The huge clock that adorned one wall had a tick that sounded more like a clunk, even above the buzz of conversation, and Algie watched its hands slowly traverse its discoloured face. He drank his beer, trying to appear casual and unhurried, as if he was really enjoying it. He dropped the occasional greeting to various men who approached the bar for their refills, and took a casual, benign interest in a game of bagatelle other men were playing.

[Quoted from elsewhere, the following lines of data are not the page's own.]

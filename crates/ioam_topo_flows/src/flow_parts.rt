//! The parts of an entry of the table `flow`.
ghost use Rattle.std.specs.Prelude.{◌≡◌, ◌||◌, Ok, codes, is_some, map};
ghost use Rattle.toml.specs.Data.{get_member};
ghost use Rattle.toml.specs.View.{table_view};
ghost use Rattle.ioam_topo_values.specs.Reads.{◌▷◌, needed};
ghost use Rattle.ioam_topo_values.specs.Texts.{name};
ghost use Rattle.ioam_topo_entries.specs.Faults.{Gives};
ghost use Rattle.ioam_topo_entries.specs.Goods.{known, differs};
ghost use Rattle.ioam_topo_entries.specs.Goods.{list_of};
ghost use Rattle.ioam_topo_flows.specs.Spaces.{known_at};
ghost use Rattle.ioam_topo_flows.specs.FlowParts.{flow_trace, flow_capacity, flow_direct, flow_every, flow_space, selection_of, selection_keys, outer_of, outer_keys, tracing_of, tracing_keys};

use ioam_data::TraceType;
use ioam_topo::Prefix;
use ioam_topo_entries::{DomainRefused, Spot, Table, maybe_number8, maybe_number32, number16};
use ioam_topo_tables::Nodes;
use ioam_topo_values::{
    Why, beside, has, maybe_direct_type, maybe_edge_type, maybe_trace_type, prefix,
};

// Which packets of a flow are enclosed, and from where to where.
#[derive(Clone, Copy)]
pub(crate) struct Selection {
    pub(crate) entry: u32,
    pub(crate) exit: u32,
    pub(crate) source: Prefix,
    pub(crate) target: Prefix,
    pub(crate) namespace: u16,
}

// The outer header of a flow's packets.
#[derive(Clone, Copy)]
pub(crate) struct Outer {
    pub(crate) hops: u8,
    pub(crate) label: u32,
}

// The options that every packet of a flow carries.
#[derive(Clone, Copy)]
pub(crate) struct Tracing {
    pub(crate) trace: Option<TraceType>,
    pub(crate) capacity: Option<u8>,
    pub(crate) edge: Option<u16>,
}

// The option that some packets of a flow carry, and the tunnel's limit.
#[derive(Clone, Copy)]
pub(crate) struct Exporting {
    pub(crate) direct: Option<TraceType>,
    pub(crate) every: Option<u32>,
    pub(crate) flow_id: Option<u32>,
    pub(crate) limit: Option<u8>,
}

// A namespace that was read, where a node knows it.
pub(crate) fn known_at(nodes: &Nodes, node: u32, read: Result<u16, Why>) -> Result<u16, Why>
    ensures { result ≡ read ▷ known_at (map list_of nodes.now.items.items) (Ok node) }
{
    let space = read?;
    match nodes.items.get(node as usize) {
        Some(known) if !known.namespaces.knows(space) => Err(Why::Range),
        _ => Ok(space),
    }
}

pub(crate) fn read_selection(
    spot: Spot,
    nodes: &Nodes,
    entry: &toml::Table,
) -> Result<Selection, DomainRefused>
    requires { spot.table ≡ Table.FlowTable }
    ensures { Gives result (selection_keys nodes.now.names (map list_of nodes.now.items.items) spot.place (table_view entry.now))
        (λ s. (selection_of nodes.now.names (map list_of nodes.now.items.items) (table_view entry.now) ≡ Ok s)
        × (flow_space nodes.now.names (map list_of nodes.now.items.items) (table_view entry.now) ≡ Ok s.namespace)) }
{
    let first = spot.known(&nodes.names, entry, "entry")?;
    let exit = spot.known_other(&nodes.names, entry, "exit", first)?;
    let source = spot.key("source", prefix(entry, "source"))?;
    let target = spot.key("target", prefix(entry, "target"))?;
    let known = known_at(nodes, first, number16(entry, "namespace"));
    let namespace = spot.key("namespace", known_at(nodes, exit, known))?;
    Ok(Selection {
        entry: first,
        exit,
        source,
        target,
        namespace,
    })
}

pub(crate) fn read_outer(spot: Spot, entry: &toml::Table) -> Result<Outer, DomainRefused>
    requires { spot.table ≡ Table.FlowTable }
    ensures { Gives result (outer_keys spot.place (table_view entry.now)) (λ o. outer_of (table_view entry.now) ≡ Ok o) }
{
    let hops = spot.number8(entry, "hops", 1, 255)?;
    let label = spot.number32_or_0(entry, "label", 1_048_575)?;
    Ok(Outer { hops, label })
}

fn trace(entry: &toml::Table) -> Result<Option<TraceType>, Why>
    ensures { result ≡ flow_trace (table_view entry.now) }
{
    beside(maybe_trace_type(entry, "trace"), has(entry, "capacity"))
}

fn capacity(entry: &toml::Table) -> Result<Option<u8>, Why>
    ensures { result ≡ flow_capacity (table_view entry.now) }
{
    beside(maybe_number8(entry, "capacity", 1, 61), has(entry, "trace"))
}

pub(crate) fn read_tracing(spot: Spot, entry: &toml::Table) -> Result<Tracing, DomainRefused>
    requires { spot.table ≡ Table.FlowTable }
    ensures { Gives result (tracing_keys spot.place (table_view entry.now)) (λ t. tracing_of (table_view entry.now) ≡ Ok t) }
{
    let trace = spot.key("trace", trace(entry))?;
    let capacity = spot.key("capacity", capacity(entry))?;
    let edge = spot.key("edge", maybe_edge_type(entry, "edge"))?;
    Ok(Tracing {
        trace,
        capacity,
        edge,
    })
}

pub(crate) fn direct(entry: &toml::Table) -> Result<Option<TraceType>, Why>
    ensures { result ≡ flow_direct (table_view entry.now) }
{
    let others = has(entry, "every") || has(entry, "flow_id");
    beside(maybe_direct_type(entry, "direct"), others)
}

pub(crate) fn every(entry: &toml::Table) -> Result<Option<u32>, Why>
    ensures { result ≡ flow_every (table_view entry.now) }
{
    let every = maybe_number32(entry, "every", 1, 1_000_000);
    beside(every, has(entry, "direct"))
}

Eventually, he stepped outside once more into the unseasonably warm sunshine of the late April afternoon. At the bridge he hesitated and, for a brief second, watched the sun-flecked sparkle of the water as it lapped softly against the walls of the canal, plucking up the courage to approach Marigold again. He looked for the Sultan – the name given to Seth Bingham’s horse boat – and saw Marigold conscientiously wiping down the vivid paintwork of its cabin with a cloth. It was now or never, he thought as he rushed onto the towpath and approached.

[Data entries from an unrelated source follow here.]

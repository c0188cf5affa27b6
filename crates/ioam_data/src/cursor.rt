//! The fields of an element as they are read, one behind the other.
ghost use Rattle.std.specs.Prelude.{◌≡◌, ℕ, ◌+◌, ◌*◌, ◌<◌, ◌≤◌, length};
ghost use Rattle.ioam_data.specs.Kind.{where_has};
ghost use Rattle.ioam_data.specs.Shape.{parted, number_of};
ghost use Rattle.ioam_data.specs.Shape.Shape.{HopNode, Pair, WideHopNode, WidePair};
ghost use Rattle.ioam_data.specs.Fields.{when_has, hop_node_at, faces_at, number_at, wide_hop_node_at, wide_faces_at, wide_at};

use crate::kind::TraceType;
use crate::units::{OVER_16, OVER_24, OVER_32};
use ioam_base::octets::u32_at;

/// What is left of an element while its fields are read in bit order. Each call reads the field of a
/// bit and goes on behind it, where the type has the bit.
#[derive(Clone, Copy)]
pub struct Cursor<'a> {
    /// The type of the element.
    pub kind: TraceType,
    /// The octets that are left.
    pub rest: &'a [u8],
}

impl<'a> Cursor<'a> {
    ghost use Rattle.ioam_data.specs.Cursor.{Passes, HasRoom, GoesOn};

    // Goes on behind so many octets.
    #[inline]
    fn pass(&mut self, octets: usize)
        requires { octets ≤ length self.old.rest.now }
        ensures { GoesOn self.old self.new octets }
    {
        self.rest = &self.rest[octets..];
    }

    /// A field of 32 bits.
    #[inline]
    pub fn number(&mut self, bit: u8) -> Option<u32>
        requires bit { bit < 24 }
        requires room { HasRoom self.old bit 1 }
        ensures value { result ≡ when_has self.old.kind bit (number_at self.old.rest.now) }
        ensures passes { Passes self.old self.new bit 1 }
    {
        if !self.kind.has(bit) {
            return None;
        }
        let number = u32_at(self.rest, 0);
        self.pass(4);
        Some(number)
    }

    /// Hop_Lim and the node id of 24 bits.
    #[inline]
    pub fn hop_node(&mut self, bit: u8) -> Option<(u8, u32)>
        requires bit { bit < 24 }
        requires room { HasRoom self.old bit 1 }
        ensures value { result ≡ when_has self.old.kind bit (hop_node_at self.old.rest.now) }
        ensures number { result ≡ parted 16777216 (when_has self.old.kind bit (number_of HopNode self.old.rest.now)) }
        ensures passes { Passes self.old self.new bit 1 }
    {
        let word = self.number(bit)?;
        Some(((word / OVER_24) as u8, word % OVER_24))
    }

    /// Ingress and egress interface of 16 bits.
    #[inline]
    pub fn faces(&mut self, bit: u8) -> Option<(u16, u16)>
        requires bit { bit < 24 }
        requires room { HasRoom self.old bit 1 }
        ensures value { result ≡ when_has self.old.kind bit (faces_at self.old.rest.now) }
        ensures number { result ≡ parted 65536 (when_has self.old.kind bit (number_of Pair self.old.rest.now)) }
        ensures passes { Passes self.old self.new bit 1 }
    {
        let word = self.number(bit)?;
        Some(((word / OVER_16) as u16, (word % OVER_16) as u16))
    }

    /// Ingress and egress interface of 32 bits.
    #[inline]
    pub fn wide_faces(&mut self, bit: u8) -> Option<(u32, u32)>
        requires bit { bit < 24 }
        requires room { HasRoom self.old bit 2 }
        ensures value { result ≡ when_has self.old.kind bit (wide_faces_at self.old.rest.now) }
        ensures number { result ≡ parted 4294967296 (when_has self.old.kind bit (number_of WidePair self.old.rest.now)) }
        ensures passes { Passes self.old self.new bit 2 }
    {
        if !self.kind.has(bit) {
            return None;
        }
        let words = (u32_at(self.rest, 0), u32_at(self.rest, 4));
        self.pass(8);
        Some(words)
    }

    /// A field of 64 bits.
    #[inline]
    pub fn wide(&mut self, bit: u8) -> Option<u64>
        requires bit { bit < 24 }
        requires room { HasRoom self.old bit 2 }
        ensures value { result ≡ when_has self.old.kind bit (wide_at self.old.rest.now) }
        ensures passes { Passes self.old self.new bit 2 }
    {
        let (first, second) = self.wide_faces(bit)?;
        Some(u64::from(first) * OVER_32 + u64::from(second))
    }

    /// Hop_Lim and the node id of 56 bits.
    #[inline]
    pub fn wide_hop_node(&mut self, bit: u8) -> Option<(u8, u64)>
        requires bit { bit < 24 }
        requires room { HasRoom self.old bit 2 }
        ensures value { result ≡ when_has self.old.kind bit (wide_hop_node_at self.old.rest.now) }
        ensures number { result ≡ parted 72057594037927936 (when_has self.old.kind bit (number_of WideHopNode self.old.rest.now)) }
        ensures passes { Passes self.old self.new bit 2 }
    {
        let (first, second) = self.wide_faces(bit)?;
        Some((
            (first / OVER_24) as u8,
            u64::from(first % OVER_24) * OVER_32 + u64::from(second),
        ))
    }
}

‘Busy?’ he asked, beaming when he reached her.
She looked up, momentarily startled, evidently not expecting to see him, and smiled when she realised it was Algie Stokes again. ‘It has to be done regular, this cleaning,’ she replied pleasantly.
Up close – and this was as close as he’d ever been to Marigold – she was even more lovely. Her skin was as smooth and translucent as finest bone china. Her eyes seemed bluer, clearer, and wider; her dark eyelashes so unbelievably long. Her lips were upturned at the corners into a deliciously friendly smile, and he longed to kiss her. The very thought set his heart pounding.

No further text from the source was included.